*Data under study*:

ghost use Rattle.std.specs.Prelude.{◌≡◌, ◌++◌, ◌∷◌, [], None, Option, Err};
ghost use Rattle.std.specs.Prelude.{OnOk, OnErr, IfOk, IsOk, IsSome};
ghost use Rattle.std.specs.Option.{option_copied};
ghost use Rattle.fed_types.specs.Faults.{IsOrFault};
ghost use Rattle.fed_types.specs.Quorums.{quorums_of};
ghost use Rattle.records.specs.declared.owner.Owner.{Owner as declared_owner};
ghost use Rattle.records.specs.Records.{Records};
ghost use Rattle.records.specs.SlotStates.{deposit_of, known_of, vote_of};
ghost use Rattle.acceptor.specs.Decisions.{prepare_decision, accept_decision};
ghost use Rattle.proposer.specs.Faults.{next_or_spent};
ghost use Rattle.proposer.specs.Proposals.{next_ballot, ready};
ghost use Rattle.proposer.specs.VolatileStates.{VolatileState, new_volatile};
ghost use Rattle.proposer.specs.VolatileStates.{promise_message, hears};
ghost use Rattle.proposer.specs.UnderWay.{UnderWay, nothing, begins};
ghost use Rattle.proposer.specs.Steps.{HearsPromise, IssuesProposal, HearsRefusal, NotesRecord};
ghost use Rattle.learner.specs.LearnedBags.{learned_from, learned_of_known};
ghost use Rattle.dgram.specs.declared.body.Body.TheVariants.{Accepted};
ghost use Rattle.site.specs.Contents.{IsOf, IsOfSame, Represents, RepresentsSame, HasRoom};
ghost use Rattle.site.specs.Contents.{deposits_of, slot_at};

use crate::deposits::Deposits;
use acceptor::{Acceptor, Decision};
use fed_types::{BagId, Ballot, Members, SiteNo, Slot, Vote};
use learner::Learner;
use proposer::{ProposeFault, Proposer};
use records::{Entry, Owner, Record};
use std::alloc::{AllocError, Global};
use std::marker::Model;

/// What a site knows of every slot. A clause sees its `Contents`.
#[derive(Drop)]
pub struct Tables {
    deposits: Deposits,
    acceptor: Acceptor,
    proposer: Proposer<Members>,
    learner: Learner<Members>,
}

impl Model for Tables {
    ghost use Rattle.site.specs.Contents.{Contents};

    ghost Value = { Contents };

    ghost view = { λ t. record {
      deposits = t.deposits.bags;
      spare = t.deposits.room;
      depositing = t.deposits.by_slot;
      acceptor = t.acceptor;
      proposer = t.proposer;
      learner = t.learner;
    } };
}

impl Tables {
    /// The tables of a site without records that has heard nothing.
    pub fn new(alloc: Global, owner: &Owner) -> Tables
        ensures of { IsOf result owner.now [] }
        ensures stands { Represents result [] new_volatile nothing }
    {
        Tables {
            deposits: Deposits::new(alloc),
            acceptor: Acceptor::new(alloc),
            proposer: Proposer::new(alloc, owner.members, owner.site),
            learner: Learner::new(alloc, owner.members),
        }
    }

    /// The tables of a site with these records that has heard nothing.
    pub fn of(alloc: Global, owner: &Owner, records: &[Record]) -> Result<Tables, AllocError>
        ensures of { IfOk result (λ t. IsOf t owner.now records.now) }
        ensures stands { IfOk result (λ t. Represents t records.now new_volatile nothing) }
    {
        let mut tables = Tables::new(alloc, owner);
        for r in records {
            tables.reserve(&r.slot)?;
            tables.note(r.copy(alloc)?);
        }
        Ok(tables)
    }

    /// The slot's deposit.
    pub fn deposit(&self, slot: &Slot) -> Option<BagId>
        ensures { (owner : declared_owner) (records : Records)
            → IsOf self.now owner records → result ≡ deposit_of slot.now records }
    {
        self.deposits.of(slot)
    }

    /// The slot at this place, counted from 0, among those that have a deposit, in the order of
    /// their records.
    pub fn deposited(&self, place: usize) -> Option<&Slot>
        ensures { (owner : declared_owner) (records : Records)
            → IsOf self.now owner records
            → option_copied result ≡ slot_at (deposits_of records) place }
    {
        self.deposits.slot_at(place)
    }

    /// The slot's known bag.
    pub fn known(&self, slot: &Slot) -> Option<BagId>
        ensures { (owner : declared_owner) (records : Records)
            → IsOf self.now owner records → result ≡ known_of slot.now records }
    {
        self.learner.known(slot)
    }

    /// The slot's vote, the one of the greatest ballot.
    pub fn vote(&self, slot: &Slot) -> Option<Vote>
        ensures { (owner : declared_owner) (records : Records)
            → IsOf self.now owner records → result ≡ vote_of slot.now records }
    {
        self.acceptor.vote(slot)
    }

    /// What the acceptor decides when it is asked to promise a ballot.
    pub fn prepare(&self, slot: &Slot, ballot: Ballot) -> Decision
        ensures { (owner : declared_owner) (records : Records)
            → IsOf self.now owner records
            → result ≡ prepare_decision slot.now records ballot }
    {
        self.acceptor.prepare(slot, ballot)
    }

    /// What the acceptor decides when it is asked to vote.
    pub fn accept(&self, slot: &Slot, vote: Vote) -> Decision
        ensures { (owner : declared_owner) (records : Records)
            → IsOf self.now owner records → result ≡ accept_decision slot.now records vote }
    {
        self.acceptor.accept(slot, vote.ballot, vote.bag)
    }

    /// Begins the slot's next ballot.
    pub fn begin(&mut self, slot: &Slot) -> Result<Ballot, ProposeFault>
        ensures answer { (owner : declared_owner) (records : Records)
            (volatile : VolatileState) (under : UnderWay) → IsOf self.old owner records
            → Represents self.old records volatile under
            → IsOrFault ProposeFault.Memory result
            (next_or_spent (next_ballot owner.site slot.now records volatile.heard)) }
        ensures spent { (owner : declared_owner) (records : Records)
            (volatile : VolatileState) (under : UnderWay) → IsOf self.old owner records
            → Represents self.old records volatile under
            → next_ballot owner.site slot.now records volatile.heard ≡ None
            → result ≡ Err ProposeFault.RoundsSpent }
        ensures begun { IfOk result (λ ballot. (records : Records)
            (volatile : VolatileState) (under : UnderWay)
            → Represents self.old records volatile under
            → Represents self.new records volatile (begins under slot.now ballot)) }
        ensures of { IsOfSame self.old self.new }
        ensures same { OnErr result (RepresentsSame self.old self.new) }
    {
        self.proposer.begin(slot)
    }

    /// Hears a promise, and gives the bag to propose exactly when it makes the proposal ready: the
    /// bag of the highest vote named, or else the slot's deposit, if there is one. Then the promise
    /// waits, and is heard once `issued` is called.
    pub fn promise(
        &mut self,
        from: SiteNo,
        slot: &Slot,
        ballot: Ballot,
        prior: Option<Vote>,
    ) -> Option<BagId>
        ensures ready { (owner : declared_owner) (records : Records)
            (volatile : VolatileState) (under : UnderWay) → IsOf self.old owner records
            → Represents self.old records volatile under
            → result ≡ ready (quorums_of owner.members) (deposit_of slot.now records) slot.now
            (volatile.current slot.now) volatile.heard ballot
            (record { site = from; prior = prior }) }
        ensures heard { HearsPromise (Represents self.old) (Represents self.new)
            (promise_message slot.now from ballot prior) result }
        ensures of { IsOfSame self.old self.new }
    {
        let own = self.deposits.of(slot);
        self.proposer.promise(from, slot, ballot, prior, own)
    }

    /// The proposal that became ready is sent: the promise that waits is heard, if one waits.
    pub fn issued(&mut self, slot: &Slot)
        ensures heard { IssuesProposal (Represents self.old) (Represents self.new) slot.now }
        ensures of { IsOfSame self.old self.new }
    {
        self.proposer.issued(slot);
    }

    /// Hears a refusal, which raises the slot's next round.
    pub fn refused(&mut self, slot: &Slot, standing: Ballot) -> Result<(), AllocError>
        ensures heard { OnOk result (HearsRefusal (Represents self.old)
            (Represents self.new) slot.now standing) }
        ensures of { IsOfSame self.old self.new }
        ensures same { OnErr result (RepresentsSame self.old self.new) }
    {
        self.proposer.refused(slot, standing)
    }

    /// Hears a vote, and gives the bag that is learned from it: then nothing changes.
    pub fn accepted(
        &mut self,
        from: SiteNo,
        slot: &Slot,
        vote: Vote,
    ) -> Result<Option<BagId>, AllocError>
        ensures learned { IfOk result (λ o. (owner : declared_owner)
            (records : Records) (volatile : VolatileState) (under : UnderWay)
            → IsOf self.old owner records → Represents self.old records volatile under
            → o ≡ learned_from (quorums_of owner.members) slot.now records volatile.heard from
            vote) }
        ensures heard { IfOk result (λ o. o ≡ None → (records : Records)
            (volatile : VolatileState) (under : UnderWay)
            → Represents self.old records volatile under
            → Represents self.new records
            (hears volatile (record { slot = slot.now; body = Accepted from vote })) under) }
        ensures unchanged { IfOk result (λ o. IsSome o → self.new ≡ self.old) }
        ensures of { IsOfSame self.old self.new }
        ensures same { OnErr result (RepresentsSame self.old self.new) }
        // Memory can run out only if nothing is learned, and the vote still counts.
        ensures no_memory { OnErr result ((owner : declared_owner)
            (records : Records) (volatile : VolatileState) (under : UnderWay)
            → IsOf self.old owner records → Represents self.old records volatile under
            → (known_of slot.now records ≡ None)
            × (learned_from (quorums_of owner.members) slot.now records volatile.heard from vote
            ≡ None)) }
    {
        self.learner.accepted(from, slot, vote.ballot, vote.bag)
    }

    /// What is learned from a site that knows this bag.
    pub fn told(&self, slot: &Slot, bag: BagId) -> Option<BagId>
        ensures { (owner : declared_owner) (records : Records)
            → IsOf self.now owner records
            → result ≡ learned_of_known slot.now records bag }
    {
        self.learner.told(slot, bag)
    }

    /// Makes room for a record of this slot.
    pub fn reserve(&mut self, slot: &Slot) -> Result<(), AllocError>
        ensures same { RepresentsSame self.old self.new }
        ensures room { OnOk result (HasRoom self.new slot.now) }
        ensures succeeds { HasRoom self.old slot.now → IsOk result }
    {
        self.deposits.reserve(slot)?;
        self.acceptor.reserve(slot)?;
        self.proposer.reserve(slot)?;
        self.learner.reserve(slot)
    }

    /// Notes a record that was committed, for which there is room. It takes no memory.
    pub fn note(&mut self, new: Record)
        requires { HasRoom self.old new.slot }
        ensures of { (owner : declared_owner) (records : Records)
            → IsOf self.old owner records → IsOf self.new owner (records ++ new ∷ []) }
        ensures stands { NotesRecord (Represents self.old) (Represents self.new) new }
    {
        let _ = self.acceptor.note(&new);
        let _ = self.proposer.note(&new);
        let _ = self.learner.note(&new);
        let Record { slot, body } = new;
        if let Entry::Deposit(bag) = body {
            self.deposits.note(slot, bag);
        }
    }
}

*Problem*:
Identify all lines in the records above with the word "HearsPromise".

*The completed task*:
ghost use Rattle.proposer.specs.Steps.{HearsPromise, IssuesProposal, HearsRefusal, NotesRecord};
        ensures heard { HearsPromise (Represents self.old) (Represents self.new)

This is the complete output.